**Problem:**
Transcribe exactly the lines that begin the material and continue through the line containing "brace of an initialiser.". Leave out whatever follows.

**Data extracts:**
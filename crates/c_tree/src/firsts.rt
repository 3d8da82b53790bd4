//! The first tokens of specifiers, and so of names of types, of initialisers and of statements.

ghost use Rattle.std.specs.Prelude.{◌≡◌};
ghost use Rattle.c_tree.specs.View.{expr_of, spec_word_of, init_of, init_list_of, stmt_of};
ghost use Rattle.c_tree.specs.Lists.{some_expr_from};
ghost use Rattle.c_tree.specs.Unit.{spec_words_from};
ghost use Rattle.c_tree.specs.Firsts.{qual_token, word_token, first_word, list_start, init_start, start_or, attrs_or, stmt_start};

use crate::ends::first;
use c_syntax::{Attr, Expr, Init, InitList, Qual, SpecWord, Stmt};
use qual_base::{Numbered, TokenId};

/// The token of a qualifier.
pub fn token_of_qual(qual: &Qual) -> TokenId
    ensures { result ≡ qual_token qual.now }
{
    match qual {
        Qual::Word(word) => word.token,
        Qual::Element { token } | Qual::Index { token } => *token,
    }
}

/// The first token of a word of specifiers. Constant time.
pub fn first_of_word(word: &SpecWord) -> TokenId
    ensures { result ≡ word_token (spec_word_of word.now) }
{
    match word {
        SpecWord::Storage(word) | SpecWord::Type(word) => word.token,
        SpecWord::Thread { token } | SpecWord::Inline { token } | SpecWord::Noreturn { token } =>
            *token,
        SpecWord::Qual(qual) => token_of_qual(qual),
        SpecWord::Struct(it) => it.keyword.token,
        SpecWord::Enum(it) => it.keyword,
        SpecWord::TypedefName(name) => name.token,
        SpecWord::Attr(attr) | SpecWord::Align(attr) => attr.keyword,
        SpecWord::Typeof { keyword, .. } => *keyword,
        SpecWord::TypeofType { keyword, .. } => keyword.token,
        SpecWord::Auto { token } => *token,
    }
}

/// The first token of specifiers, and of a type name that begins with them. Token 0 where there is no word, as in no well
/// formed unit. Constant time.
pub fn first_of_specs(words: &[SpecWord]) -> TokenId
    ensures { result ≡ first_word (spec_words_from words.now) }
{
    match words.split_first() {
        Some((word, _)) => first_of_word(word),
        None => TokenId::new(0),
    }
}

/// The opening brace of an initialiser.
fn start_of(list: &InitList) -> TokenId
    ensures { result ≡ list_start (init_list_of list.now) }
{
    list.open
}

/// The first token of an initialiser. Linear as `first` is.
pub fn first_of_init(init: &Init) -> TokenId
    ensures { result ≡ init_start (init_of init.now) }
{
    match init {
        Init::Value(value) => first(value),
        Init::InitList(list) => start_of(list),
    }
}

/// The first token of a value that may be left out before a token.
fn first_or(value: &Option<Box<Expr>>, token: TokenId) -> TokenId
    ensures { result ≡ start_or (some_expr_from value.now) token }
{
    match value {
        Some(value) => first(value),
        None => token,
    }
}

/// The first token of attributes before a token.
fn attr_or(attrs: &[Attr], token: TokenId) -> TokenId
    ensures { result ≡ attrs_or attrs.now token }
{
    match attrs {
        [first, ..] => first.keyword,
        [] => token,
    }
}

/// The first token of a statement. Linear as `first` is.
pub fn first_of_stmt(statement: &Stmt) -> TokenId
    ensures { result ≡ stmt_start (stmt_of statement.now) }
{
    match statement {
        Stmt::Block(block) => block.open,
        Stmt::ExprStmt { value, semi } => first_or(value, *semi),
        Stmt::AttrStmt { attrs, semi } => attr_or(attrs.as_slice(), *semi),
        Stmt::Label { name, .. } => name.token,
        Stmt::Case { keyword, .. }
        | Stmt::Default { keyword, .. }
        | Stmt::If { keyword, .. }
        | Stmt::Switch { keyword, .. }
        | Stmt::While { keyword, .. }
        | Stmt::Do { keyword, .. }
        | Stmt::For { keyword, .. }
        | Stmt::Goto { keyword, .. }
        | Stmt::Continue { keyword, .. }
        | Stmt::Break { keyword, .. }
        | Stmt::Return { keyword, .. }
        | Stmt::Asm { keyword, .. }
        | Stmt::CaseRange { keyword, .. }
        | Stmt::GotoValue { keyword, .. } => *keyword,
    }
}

**Solution to this problem:**
filename crates/c_tree/src/firsts.rt
repository 3d8da82b53790bd4
//! The first tokens of specifiers, and so of names of types, of initialisers and of statements.

ghost use Rattle.std.specs.Prelude.{◌≡◌};
ghost use Rattle.c_tree.specs.View.{expr_of, spec_word_of, init_of, init_list_of, stmt_of};
ghost use Rattle.c_tree.specs.Lists.{some_expr_from};
ghost use Rattle.c_tree.specs.Unit.{spec_words_from};
ghost use Rattle.c_tree.specs.Firsts.{qual_token, word_token, first_word, list_start, init_start, start_or, attrs_or, stmt_start};

use crate::ends::first;
use c_syntax::{Attr, Expr, Init, InitList, Qual, SpecWord, Stmt};
use qual_base::{Numbered, TokenId};

/// The token of a qualifier.
pub fn token_of_qual(qual: &Qual) -> TokenId
    ensures { result ≡ qual_token qual.now }
{
    match qual {
        Qual::Word(word) => word.token,
        Qual::Element { token } | Qual::Index { token } => *token,
    }
}

/// The first token of a word of specifiers. Constant time.
pub fn first_of_word(word: &SpecWord) -> TokenId
    ensures { result ≡ word_token (spec_word_of word.now) }
{
    match word {
        SpecWord::Storage(word) | SpecWord::Type(word) => word.token,
        SpecWord::Thread { token } | SpecWord::Inline { token } | SpecWord::Noreturn { token } =>
            *token,
        SpecWord::Qual(qual) => token_of_qual(qual),
        SpecWord::Struct(it) => it.keyword.token,
        SpecWord::Enum(it) => it.keyword,
        SpecWord::TypedefName(name) => name.token,
        SpecWord::Attr(attr) | SpecWord::Align(attr) => attr.keyword,
        SpecWord::Typeof { keyword, .. } => *keyword,
        SpecWord::TypeofType { keyword, .. } => keyword.token,
        SpecWord::Auto { token } => *token,
    }
}

/// The first token of specifiers, and of a type name that begins with them. Token 0 where there is no word, as in no well
/// formed unit. Constant time.
pub fn first_of_specs(words: &[SpecWord]) -> TokenId
    ensures { result ≡ first_word (spec_words_from words.now) }
{
    match words.split_first() {
        Some((word, _)) => first_of_word(word),
        None => TokenId::new(0),
    }
}

/// The opening brace of an initialiser.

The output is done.